Action item
List every line below containing "ArrayVec".

Recorded data
┌──
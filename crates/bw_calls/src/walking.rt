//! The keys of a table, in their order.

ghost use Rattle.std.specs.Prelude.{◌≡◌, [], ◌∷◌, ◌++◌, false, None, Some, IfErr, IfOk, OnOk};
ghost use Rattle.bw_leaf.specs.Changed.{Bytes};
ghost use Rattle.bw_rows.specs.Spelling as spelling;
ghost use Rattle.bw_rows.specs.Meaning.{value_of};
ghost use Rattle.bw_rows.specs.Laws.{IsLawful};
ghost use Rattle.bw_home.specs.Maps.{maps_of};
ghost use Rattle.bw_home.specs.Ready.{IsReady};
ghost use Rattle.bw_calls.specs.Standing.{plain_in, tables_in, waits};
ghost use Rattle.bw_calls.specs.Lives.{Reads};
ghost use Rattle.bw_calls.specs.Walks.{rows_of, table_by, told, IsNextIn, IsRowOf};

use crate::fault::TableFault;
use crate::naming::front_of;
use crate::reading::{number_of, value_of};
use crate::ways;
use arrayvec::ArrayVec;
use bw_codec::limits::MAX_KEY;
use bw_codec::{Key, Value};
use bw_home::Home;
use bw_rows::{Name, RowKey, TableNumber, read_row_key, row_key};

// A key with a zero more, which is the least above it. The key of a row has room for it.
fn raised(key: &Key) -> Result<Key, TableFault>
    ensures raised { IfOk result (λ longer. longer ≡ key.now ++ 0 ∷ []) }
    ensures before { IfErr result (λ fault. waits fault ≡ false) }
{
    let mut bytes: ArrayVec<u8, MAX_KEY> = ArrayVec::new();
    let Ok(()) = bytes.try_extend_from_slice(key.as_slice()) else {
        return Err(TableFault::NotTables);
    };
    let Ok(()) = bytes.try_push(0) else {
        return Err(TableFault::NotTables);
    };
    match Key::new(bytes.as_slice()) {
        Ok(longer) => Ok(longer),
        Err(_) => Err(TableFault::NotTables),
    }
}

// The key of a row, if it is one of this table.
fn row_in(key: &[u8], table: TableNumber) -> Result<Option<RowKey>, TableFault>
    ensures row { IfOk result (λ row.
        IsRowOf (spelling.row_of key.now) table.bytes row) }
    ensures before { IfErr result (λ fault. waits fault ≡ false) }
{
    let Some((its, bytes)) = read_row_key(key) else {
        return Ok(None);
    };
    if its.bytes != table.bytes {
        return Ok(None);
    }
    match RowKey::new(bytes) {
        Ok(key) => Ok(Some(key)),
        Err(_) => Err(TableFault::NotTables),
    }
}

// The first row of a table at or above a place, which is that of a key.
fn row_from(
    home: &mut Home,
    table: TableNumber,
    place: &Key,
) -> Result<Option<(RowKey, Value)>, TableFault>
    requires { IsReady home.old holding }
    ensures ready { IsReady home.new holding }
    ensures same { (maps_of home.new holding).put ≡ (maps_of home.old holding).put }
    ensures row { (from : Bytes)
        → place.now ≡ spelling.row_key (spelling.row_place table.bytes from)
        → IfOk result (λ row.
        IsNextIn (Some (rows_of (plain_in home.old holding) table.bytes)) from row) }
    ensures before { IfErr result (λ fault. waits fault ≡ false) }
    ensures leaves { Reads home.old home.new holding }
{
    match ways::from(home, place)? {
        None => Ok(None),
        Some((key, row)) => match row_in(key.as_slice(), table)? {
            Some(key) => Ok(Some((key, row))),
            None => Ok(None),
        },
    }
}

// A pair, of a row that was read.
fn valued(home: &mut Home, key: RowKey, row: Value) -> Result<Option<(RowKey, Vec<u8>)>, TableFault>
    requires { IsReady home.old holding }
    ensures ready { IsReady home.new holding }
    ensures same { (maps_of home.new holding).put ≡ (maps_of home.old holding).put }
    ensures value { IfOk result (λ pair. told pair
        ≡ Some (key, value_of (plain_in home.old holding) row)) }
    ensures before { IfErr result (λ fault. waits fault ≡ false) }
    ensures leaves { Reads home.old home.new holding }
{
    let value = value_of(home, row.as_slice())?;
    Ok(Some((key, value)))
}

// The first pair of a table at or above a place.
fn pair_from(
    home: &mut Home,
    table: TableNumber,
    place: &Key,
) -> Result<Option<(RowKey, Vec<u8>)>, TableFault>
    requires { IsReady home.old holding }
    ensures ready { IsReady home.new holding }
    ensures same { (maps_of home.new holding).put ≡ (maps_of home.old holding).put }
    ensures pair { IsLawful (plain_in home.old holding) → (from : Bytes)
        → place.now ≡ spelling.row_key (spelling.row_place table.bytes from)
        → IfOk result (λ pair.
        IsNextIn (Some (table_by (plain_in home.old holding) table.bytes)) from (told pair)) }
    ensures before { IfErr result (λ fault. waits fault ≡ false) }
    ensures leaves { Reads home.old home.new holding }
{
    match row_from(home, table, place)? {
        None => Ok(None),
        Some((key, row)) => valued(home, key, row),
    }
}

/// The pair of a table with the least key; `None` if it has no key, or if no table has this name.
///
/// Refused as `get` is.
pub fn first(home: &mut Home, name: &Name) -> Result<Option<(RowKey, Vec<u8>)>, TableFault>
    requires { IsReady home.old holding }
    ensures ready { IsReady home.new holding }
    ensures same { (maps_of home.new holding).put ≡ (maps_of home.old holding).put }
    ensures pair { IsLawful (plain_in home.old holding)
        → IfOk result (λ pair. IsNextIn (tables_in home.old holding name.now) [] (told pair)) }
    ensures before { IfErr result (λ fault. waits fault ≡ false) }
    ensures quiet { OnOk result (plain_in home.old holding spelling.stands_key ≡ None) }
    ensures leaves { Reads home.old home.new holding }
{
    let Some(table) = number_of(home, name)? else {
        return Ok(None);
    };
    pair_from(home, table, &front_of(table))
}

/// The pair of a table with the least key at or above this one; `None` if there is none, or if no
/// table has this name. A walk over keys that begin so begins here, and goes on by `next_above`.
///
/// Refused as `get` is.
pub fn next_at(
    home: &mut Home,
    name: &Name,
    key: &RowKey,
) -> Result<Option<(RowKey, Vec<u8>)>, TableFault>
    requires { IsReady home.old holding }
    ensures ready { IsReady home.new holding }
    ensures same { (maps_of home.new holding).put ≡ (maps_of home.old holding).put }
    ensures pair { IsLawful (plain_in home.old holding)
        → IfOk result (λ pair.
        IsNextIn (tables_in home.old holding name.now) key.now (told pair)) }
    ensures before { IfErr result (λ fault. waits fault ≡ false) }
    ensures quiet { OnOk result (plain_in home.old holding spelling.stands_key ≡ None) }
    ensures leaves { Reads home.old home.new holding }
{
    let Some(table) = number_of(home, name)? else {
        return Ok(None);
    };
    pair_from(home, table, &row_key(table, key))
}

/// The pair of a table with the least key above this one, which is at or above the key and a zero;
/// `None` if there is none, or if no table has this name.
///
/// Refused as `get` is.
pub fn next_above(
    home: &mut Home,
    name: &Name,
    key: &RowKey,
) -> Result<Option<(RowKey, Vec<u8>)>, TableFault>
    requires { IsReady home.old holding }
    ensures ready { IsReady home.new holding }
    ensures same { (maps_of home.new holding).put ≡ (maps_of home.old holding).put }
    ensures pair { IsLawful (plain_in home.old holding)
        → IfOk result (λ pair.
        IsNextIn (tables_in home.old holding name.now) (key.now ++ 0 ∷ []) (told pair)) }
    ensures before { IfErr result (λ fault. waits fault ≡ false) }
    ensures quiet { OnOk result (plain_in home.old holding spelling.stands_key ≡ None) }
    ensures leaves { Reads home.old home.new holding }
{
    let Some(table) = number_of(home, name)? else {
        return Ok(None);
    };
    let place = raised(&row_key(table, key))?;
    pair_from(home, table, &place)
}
└──
Exercise result
use arrayvec::ArrayVec;
    let mut bytes: ArrayVec<u8, MAX_KEY> = ArrayVec::new();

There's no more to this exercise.